**TASK OBJECTIVE:** The answer must consist of every line below that holds the word "AllByRecursion".

**INFORMATION SHOWN:**
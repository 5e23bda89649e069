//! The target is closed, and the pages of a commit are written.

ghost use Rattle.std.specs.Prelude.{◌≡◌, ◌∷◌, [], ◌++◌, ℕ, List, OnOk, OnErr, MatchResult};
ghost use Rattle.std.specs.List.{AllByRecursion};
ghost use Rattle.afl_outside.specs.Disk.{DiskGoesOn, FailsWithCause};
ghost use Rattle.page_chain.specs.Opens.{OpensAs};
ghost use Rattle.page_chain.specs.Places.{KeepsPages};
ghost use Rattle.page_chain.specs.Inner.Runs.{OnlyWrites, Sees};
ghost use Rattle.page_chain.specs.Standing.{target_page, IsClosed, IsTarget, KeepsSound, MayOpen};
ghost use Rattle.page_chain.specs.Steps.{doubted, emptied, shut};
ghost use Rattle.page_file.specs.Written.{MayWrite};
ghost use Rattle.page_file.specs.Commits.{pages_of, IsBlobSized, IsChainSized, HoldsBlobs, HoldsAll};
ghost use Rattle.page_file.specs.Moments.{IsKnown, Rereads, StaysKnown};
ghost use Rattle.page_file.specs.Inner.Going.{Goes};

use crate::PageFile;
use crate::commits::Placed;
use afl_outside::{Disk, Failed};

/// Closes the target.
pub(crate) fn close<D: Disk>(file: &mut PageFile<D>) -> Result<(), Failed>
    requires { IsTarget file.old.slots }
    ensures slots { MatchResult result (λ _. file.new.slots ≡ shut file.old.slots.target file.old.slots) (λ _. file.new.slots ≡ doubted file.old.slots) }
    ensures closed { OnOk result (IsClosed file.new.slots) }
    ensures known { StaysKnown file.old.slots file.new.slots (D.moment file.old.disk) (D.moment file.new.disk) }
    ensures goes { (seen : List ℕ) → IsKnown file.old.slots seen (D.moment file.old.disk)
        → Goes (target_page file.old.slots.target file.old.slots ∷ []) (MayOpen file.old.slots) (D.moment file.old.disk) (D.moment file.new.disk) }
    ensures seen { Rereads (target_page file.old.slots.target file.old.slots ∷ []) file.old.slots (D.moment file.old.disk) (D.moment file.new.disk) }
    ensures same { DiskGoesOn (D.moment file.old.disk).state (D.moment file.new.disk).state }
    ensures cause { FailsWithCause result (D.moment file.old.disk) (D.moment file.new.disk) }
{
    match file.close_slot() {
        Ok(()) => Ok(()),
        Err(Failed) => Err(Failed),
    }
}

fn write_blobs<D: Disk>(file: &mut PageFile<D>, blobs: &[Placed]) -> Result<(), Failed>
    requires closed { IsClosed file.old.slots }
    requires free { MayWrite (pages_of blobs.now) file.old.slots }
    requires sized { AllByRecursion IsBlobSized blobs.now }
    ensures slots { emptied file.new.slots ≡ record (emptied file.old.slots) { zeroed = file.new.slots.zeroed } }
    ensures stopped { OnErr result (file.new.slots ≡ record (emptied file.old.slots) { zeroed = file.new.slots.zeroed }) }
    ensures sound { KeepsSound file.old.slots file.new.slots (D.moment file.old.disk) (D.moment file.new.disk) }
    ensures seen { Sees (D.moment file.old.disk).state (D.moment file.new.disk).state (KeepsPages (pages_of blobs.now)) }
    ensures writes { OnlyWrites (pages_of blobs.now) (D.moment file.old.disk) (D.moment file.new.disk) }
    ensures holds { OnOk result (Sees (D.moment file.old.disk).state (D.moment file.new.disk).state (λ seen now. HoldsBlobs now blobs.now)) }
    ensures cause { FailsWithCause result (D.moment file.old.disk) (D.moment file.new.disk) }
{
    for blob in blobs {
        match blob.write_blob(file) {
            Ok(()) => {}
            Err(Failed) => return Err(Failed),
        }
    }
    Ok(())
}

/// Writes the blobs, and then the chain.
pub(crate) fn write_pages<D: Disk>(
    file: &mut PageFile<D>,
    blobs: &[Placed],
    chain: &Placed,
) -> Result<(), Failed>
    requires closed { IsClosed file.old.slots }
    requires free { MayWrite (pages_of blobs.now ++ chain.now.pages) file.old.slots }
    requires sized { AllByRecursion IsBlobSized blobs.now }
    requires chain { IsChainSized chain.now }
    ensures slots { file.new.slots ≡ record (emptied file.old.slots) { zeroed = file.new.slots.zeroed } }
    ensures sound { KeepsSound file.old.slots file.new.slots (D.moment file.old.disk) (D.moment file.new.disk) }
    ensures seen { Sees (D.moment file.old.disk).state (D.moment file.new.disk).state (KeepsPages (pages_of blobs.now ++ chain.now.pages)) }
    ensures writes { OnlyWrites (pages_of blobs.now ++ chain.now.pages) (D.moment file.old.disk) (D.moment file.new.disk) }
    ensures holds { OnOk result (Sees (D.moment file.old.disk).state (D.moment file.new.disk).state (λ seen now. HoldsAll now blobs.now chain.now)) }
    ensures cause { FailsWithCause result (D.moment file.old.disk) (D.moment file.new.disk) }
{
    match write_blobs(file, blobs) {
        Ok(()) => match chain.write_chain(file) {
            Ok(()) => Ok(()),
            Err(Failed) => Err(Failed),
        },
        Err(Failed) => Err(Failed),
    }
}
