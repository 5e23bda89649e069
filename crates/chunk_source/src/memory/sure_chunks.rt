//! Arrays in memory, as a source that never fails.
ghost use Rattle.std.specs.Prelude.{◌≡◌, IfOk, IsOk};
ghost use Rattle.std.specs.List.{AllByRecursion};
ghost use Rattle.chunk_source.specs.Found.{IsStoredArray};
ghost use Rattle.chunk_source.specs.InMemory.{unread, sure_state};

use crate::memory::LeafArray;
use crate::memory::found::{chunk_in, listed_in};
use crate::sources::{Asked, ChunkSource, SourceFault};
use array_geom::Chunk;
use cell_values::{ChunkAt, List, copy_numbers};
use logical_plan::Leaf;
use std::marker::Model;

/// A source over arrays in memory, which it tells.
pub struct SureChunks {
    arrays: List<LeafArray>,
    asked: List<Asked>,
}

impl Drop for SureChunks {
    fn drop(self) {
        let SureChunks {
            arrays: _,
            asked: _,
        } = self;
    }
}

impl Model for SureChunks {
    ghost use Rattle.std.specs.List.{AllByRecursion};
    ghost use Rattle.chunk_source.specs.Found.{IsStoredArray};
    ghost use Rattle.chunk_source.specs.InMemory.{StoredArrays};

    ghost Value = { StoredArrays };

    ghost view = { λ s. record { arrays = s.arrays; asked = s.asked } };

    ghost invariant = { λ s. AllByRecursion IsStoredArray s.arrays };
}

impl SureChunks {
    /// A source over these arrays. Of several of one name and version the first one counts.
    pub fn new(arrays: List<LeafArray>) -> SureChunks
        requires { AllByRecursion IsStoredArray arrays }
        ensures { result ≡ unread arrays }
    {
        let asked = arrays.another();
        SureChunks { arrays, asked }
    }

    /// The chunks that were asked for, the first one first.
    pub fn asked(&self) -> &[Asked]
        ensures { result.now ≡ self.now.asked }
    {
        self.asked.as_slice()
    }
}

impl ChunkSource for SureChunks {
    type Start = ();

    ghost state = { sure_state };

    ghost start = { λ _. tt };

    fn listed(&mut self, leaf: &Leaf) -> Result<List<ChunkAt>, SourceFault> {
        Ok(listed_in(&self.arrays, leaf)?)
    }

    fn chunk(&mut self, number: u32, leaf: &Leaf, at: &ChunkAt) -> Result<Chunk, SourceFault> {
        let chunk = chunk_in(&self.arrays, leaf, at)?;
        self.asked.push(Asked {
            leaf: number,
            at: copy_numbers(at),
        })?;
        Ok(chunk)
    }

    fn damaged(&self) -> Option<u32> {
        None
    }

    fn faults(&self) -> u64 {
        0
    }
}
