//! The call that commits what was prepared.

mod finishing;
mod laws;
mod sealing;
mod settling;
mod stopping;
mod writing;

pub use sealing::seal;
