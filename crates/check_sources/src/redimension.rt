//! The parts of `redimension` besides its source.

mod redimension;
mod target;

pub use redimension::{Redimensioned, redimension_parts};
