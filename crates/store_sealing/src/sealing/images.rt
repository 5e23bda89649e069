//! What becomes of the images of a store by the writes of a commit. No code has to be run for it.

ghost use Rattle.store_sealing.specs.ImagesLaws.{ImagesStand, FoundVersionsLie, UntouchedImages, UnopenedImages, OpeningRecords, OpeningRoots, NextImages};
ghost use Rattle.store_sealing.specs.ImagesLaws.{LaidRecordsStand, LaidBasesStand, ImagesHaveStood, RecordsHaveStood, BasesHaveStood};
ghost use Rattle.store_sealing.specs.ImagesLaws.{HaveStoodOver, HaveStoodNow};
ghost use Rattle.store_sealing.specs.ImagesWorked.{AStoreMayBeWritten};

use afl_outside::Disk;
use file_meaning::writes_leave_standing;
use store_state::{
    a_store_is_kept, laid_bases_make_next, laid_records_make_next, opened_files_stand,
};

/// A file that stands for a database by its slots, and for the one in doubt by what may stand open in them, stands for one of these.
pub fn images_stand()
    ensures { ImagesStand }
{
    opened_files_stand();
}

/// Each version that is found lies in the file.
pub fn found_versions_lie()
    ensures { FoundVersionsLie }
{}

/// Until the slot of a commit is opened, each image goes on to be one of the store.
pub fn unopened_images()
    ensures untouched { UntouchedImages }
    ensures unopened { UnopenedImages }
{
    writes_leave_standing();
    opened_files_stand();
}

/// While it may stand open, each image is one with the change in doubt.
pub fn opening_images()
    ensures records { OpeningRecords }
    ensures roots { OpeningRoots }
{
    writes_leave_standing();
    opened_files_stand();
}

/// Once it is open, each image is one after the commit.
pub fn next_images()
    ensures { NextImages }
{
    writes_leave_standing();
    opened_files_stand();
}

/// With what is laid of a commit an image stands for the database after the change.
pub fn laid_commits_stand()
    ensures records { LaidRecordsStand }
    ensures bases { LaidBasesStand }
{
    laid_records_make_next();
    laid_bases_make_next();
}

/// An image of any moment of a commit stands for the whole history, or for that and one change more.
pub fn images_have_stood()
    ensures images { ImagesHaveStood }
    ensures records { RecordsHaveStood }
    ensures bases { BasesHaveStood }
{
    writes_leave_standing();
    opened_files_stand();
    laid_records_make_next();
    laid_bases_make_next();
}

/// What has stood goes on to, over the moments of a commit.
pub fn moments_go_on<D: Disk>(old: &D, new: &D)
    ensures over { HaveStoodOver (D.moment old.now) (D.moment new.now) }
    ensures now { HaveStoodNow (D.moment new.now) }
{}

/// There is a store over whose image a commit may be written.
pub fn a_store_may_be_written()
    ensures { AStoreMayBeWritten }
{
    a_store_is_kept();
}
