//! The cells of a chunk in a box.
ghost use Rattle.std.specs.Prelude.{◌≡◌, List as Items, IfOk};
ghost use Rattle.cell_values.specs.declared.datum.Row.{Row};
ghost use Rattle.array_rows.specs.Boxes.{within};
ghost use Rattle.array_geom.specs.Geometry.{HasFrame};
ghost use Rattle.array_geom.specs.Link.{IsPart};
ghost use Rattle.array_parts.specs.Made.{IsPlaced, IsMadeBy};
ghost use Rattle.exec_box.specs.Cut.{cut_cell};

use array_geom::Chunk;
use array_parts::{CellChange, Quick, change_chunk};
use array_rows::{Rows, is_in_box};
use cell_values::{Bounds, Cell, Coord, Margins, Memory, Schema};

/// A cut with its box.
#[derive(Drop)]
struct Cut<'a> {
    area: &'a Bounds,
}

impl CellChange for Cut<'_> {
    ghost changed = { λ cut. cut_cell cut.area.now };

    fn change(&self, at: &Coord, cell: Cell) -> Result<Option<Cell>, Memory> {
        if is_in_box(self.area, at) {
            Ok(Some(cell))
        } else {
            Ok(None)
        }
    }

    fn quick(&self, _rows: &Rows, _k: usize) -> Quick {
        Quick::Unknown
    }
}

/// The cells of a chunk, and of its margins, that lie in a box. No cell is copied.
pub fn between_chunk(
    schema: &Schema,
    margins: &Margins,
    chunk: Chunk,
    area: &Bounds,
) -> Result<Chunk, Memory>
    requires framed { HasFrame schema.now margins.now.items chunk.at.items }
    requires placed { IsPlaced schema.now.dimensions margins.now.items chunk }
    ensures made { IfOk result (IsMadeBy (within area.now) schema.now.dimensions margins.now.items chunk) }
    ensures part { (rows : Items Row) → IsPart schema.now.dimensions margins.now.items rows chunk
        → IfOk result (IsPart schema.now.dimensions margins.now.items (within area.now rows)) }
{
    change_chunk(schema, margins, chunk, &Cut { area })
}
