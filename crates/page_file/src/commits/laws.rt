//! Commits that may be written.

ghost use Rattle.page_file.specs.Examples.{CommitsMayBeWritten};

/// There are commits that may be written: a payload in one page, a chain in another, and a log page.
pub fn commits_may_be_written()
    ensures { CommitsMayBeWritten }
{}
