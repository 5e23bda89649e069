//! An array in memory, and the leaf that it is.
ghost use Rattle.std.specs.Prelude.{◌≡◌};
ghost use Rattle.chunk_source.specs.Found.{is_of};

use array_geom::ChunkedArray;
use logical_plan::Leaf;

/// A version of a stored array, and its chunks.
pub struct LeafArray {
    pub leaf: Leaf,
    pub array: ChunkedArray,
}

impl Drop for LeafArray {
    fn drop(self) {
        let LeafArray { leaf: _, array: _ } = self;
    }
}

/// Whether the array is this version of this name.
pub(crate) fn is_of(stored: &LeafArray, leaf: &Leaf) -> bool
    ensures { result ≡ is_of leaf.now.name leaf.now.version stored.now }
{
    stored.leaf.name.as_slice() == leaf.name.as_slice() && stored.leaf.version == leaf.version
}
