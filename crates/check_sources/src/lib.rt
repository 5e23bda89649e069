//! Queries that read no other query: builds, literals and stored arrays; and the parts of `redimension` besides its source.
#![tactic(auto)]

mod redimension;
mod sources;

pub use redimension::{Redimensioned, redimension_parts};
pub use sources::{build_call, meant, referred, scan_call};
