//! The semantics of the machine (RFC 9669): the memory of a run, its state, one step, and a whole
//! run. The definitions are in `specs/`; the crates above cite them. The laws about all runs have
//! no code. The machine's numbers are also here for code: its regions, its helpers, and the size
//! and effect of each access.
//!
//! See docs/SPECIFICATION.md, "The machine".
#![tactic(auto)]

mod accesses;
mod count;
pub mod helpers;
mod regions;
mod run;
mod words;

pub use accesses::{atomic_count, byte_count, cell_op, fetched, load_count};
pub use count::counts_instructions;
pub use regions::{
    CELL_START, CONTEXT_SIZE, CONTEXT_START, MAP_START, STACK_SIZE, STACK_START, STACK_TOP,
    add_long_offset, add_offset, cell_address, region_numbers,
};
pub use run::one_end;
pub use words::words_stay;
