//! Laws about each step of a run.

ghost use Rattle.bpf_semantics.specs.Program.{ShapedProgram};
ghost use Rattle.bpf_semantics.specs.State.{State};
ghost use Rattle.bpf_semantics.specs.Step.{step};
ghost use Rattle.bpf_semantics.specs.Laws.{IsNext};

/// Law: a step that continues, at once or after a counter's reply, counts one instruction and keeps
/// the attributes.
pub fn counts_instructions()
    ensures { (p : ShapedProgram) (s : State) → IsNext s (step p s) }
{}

**ANSWER FOR THIS EXERCISE:**
ghost use Rattle.std.specs.List.{AllByRecursion};
    requires sized { AllByRecursion IsBlobSized blobs.now }
    requires sized { AllByRecursion IsBlobSized blobs.now }
ghost use Rattle.std.specs.List.{AllByRecursion};
    ghost use Rattle.std.specs.List.{AllByRecursion};
    ghost invariant = { λ s. AllByRecursion IsStoredArray s.arrays };
        requires { AllByRecursion IsStoredArray arrays }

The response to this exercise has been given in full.